In summary, we present evidence that spontaneous resolution of chlamydia in humans in common, and confirm findings by others1,3 that resolution occurs in a time-dependent fashion. A great dilemma in understanding the natural history of genital chlamydial infections is understanding what factors contribute to resolution of infection. Mechanisms of spontanteous resolution are of great importance for efforts to develop chlamydial vaccines, providing opportunities to understand what elements of the human host immune response or chlamydial biology contribute to resolution of chlamydial infection.

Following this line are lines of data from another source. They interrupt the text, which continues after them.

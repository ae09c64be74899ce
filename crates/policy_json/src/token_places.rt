// Where a rule finds its tokens: headers, and then parameters.
ghost use Rattle.std.specs.Prelude.{◌≡◌, IfOk};
ghost use Rattle.policy_json.specs.TokenPlaces.{header_faults, header_in, param_faults, param_in, places_of};

use crate::texts::{BoundedText, LowerName, ShortText};
use mesh_doc::{DocError, Form, Spot, optional, required};
use mesh_policy::{TokenPlace, places_or_default};
use mesh_text::{List, Memory, Text};
use serde_json::Value;
use std::alloc::Global;

const NAME: &str = "name";

const PREFIX: &str = "prefix";

/// An entry of `fromHeaders`: a header, and the prefix before the token, which is empty where none is written.
pub(crate) struct FromHeader;

impl Form for FromHeader {
    type Out = TokenPlace;

    ghost faults = { header_faults };

    ghost value = { header_in };

    #[tactic(auto, unfolding(crate::specs::TokenPlaces::header_faults, crate::specs::TokenPlaces::header_in))]
    fn read(alloc: Global, v: &Value, at: &Spot) -> Result<TokenPlace, DocError> {
        at.only_fields(alloc, v, &[NAME, PREFIX])?;
        let name = required::<LowerName>(alloc, v, NAME, at)?;
        let prefix = match optional::<BoundedText>(alloc, v, PREFIX, at)? {
            Some(prefix) => prefix,
            None => Text::of(alloc, "")?,
        };
        Ok(TokenPlace::Header { name, prefix })
    }
}

/// An entry of `fromParams`.
pub(crate) struct FromParam;

impl Form for FromParam {
    type Out = TokenPlace;

    ghost faults = { param_faults };

    ghost value = { param_in };

    #[tactic(auto, unfolding(crate::specs::TokenPlaces::param_faults, crate::specs::TokenPlaces::param_in))]
    fn read(alloc: Global, v: &Value, at: &Spot) -> Result<TokenPlace, DocError> {
        let name = ShortText::read(alloc, v, at)?;
        Ok(TokenPlace::Param(name))
    }
}

/// The places of a rule with these headers and parameters.
pub(crate) fn places_of(
    alloc: Global,
    headers: List<TokenPlace>,
    params: List<TokenPlace>,
) -> Result<List<TokenPlace>, Memory>
    ensures { IfOk result (λ places. places ≡ places_of headers params) }
{
    let mut places = headers;
    places.append(params)?;
    places_or_default(alloc, places)
}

We are collecting serum and genital specimens to further address the mechanisms of chlamydial resolution in our future studies. A very important take-home point from our current findings is the importance of subjects receiving chlamydia treatment promptly, not only to avert chlamydia complications but also to limit chlamydia transmission to other susceptible individuals. Further studies addressing ways to achieve timely treatment, whether through reduction of turn-around-time or use of strategies such as point of care tests are warranted.